Over an intimate dinner at a private location, a bipartisan group of 12 senior congressional staff took a much-needed break from policy and politics to re-connect, share personal stories related to stress and resilience, and learn a few new tools.

Presenter Alexander Caillet opened with a short discussion on the science of stress; how it manifests in the body, and what it does to both long-term health and in-the-moment brain function and effectiveness. In a live biofeedback demonstration, he showed how quickly the mere thought of stressful subjects sends the body into “incoherence” – and how powerful simple breathing and appreciation exercises can be for regulating the body and re-establishing coherence.  

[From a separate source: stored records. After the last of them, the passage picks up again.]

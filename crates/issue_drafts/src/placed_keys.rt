//! The keys of an edition at their positions, with their identifiers.

ghost use Rattle.std.specs.Prelude.{◌≡◌, ◌<◌, length, option_map, IfSome};
ghost use Rattle.issue_drafts.specs.WorkKeys.{key_of, key_named, keys_at, Finds};
ghost use Rattle.issue_drafts.specs.Views.{IsPositioned};

use crate::draft::KeyAt;
use crate::key_finder::KeyFinder;
use key_ids::KeyId;
use key_roll::{KeyName, KeyRow};

impl KeyAt<'_> {
    /// The key's identifier, which was hashed before.
    pub fn id(&self) -> KeyId
        ensures { result ≡ key_of self.now.row.now }
    {
        self.id
    }
}

/// The key that stands there. An index from 0.
pub fn key_there<'a>(rows: &'a [KeyRow], finder: &KeyFinder, position: usize) -> KeyAt<'a>
    requires finds { Finds (keys_at rows.now finder.now.first_fresh) finder.now }
    requires inside { position < length rows.now }
    ensures position { result.position ≡ position }
    ensures positioned { IsPositioned rows.now result }
{
    KeyAt {
        position,
        row: &rows[position],
        id: finder.ids[position],
    }
}

/// The key that a name stands for.
pub fn key_named<'a>(rows: &'a [KeyRow], finder: &KeyFinder, name: &KeyName) -> Option<KeyAt<'a>>
    requires { Finds (keys_at rows.now finder.now.first_fresh) finder.now }
    ensures key { option_map (λ k. k.row.now) result
        ≡ key_named (keys_at rows.now finder.now.first_fresh) name.now }
    ensures positioned { IfSome result (IsPositioned rows.now) }
{
    match finder.position(name) {
        Some(position) => Some(key_there(rows, finder, position)),
        None => None,
    }
}
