//! The certificates, CRLs, ROAs and manifests of an edition before they are signed. Objects are of
//! RFC 6487, RFC 5280 section 5, RFC 9582 and RFC 9286.

ghost use Rattle.std.specs.Prelude.{◌≡◌, ◌≢◌, ◌++◌, [], map, All, AllPairs, IfOk, OnOk, IsPermutation};
ghost use Rattle.std.specs.List.{filter_map, cons_option};
ghost use Rattle.pub_set.specs.Objects.{uri_cmp};
ghost use Rattle.issue_drafts.specs.Drafts.{drafts, manifest_draft, manifests, AreOrdered};
ghost use Rattle.issue_drafts.specs.Views.{draft_of, manifest_of, IsPositioned, IsSubjectPositioned, IsDraftPositioned};
ghost use Rattle.issue_drafts.specs.DraftInput.{setting_in, keys_in, CanDraft};

use crate::draft::{Draft, ManifestDraft};
use crate::draft_input::DraftInput;
use crate::work_drafts::{DraftedWork, manifest_draft};
use pub_set::Uri;
use std::alloc::{AllocError, Global};
use std::cmp::Ordering;

/// How two URIs compare.
fn compare(a: &Uri, b: &Uri) -> Ordering
    ensures { result ≡ uri_cmp a.now b.now }
{
    a.as_str().cmp(b.as_str())
}

/// Appends an item, if there is one.
fn push_some<T: Drop>(items: &mut Vec<T>, item: Option<T>) -> Result<(), AllocError>
    ensures { OnOk result (items.new.items ≡ items.old.items ++ cons_option item []) }
{
    if let Some(item) = item {
        items.push(item)?;
    }
    Ok(())
}

/// Appends what is drafted for the work.
fn push_drafts<'a, W: DraftedWork>(
    alloc: Global,
    at: &DraftInput<'a>,
    work: &'a [W],
    drafts: &mut Vec<Draft<'a>>,
) -> Result<(), AllocError>
    requires { CanDraft at.now }
    ensures drafts { OnOk result (map draft_of drafts.new.items
        ≡ map draft_of drafts.old.items ++ filter_map (W.drafted (setting_in at.now) (keys_in at.now)) work.now) }
    ensures positioned { OnOk result (All (IsDraftPositioned at.now.rows.now) drafts.old.items
        → All (IsDraftPositioned at.now.rows.now) drafts.new.items) }
{
    for one in work {
        let draft = one.draft(alloc, at)?;
        push_some(drafts, draft)?;
    }
    Ok(())
}

/// The certificates, CRLs and ROAs of the work.
fn unordered<'a>(alloc: Global, at: &DraftInput<'a>) -> Result<Vec<Draft<'a>>, AllocError>
    requires { CanDraft at.now }
    ensures drafts { IfOk result (λ ds. map draft_of ds.items ≡ drafts (setting_in at.now) (keys_in at.now)) }
    ensures positioned { IfOk result (λ ds. All (IsDraftPositioned at.now.rows.now) ds.items) }
{
    let work = at.input.work;
    let mut drafts = Vec::new(alloc);
    push_drafts(alloc, at, work.certs.as_slice(), &mut drafts)?;
    push_drafts(alloc, at, work.roas.as_slice(), &mut drafts)?;
    push_drafts(alloc, at, work.points.as_slice(), &mut drafts)?;
    Ok(drafts)
}

/// The certificates, CRLs and ROAs of the work, by rising URI.
pub fn drafts<'a>(alloc: Global, at: &DraftInput<'a>) -> Result<Vec<Draft<'a>>, AllocError>
    requires can { CanDraft at.now }
    requires once { AllPairs (λ a b. a ≢ b) (map (λ d. d.uri) (drafts (setting_in at.now) (keys_in at.now))) }
    ensures ordered { IfOk result (λ ds.
        AreOrdered (drafts (setting_in at.now) (keys_in at.now)) (map draft_of ds.items)) }
    ensures issuers { IfOk result (λ ds. All (λ d. IsPositioned at.now.rows.now d.issuer) ds.items) }
    ensures subjects { IfOk result (λ ds. All (λ d. IsSubjectPositioned at.now.rows.now d.kind) ds.items) }
{
    let mut drafts = unordered(alloc, at)?;
    drafts.sort_by(|a, b| compare(&a.uri, &b.uri))?;
    Ok(drafts)
}

/// The manifests of the work.
fn unordered_manifests<'a>(
    alloc: Global,
    at: &DraftInput<'a>,
) -> Result<Vec<ManifestDraft<'a>>, AllocError>
    requires { CanDraft at.now }
    ensures drafts { IfOk result (λ ds. map manifest_of ds.items ≡ manifests (setting_in at.now) (keys_in at.now)) }
    ensures positioned { IfOk result (λ ds. All (λ d. IsPositioned at.now.rows.now d.issuer) ds.items) }
{
    let points = at.input.work.points.as_slice();
    let mut drafts = Vec::with_capacity(alloc, points.len())?;
    for point in points {
        let draft = manifest_draft(alloc, at, point)?;
        push_some(&mut drafts, draft)?;
    }
    Ok(drafts)
}

/// The manifests of the work, by rising URI.
pub fn manifest_drafts<'a>(
    alloc: Global,
    at: &DraftInput<'a>,
) -> Result<Vec<ManifestDraft<'a>>, AllocError>
    requires can { CanDraft at.now }
    requires once { AllPairs (λ a b. a ≢ b) (map (λ d. d.uri) (manifests (setting_in at.now) (keys_in at.now))) }
    ensures ordered { IfOk result (λ ds.
        AreOrdered (manifests (setting_in at.now) (keys_in at.now)) (map manifest_of ds.items)) }
    ensures issuers { IfOk result (λ ds. All (λ d. IsPositioned at.now.rows.now d.issuer) ds.items) }
{
    let mut drafts = unordered_manifests(alloc, at)?;
    drafts.sort_by(|a, b| compare(&a.uri, &b.uri))?;
    Ok(drafts)
}
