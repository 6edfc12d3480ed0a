//! The objects of an edition before they are signed: where its keys publish (RFC 6481 section 2),
//! where each object is to stand, its issuer and serial (RFC 5280 section 4.1.2.2), and what each
//! publication point lists (RFC 9286 section 4.2.1).
#![tactic(auto)]

mod draft;
mod draft_input;
mod first_entries;
mod holdings;
mod issue_parts;
mod key_finder;
mod key_lookup;
mod key_publishers;
mod listing;
mod ordered;
mod placed_keys;
mod point_keys;
mod revoking;
mod serials;
mod touching;
mod work_drafts;

pub use draft::{Draft, DraftKind, KeyAt, ManifestDraft};
pub use draft_input::DraftInput;
pub use first_entries::first_of_each;
pub use issue_parts::IssueParts;
pub use key_finder::KeyFinder;
pub use key_publishers::{made_uri, name_of, publishers};
pub use listing::files;
pub use ordered::{drafts, manifest_drafts};
pub use point_keys::points;
pub use revoking::entries;
pub use serials::{Serials, give_serials};
pub use touching::Touched;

In the next two dinners, the group will continue to explore how and why this matters for the leadership challenges they face.

At dinner two, john a. powell of the Othering + Belonging Institute at the University of California, Berkeley, will pick up on this theme to discuss how stress, anxiety, and fear can activate the parts of the human brain disposed to “othering,” and offer some strategies to counter this tendency by bridging across difference.

At the third dinner, author Amanda Ripley will discuss what she learned while researching the material for her book High Conflict: Why we get trapped and how we get out and share strategies for moving from toxic (lose-lose) conflict, to more generative “good conflict.”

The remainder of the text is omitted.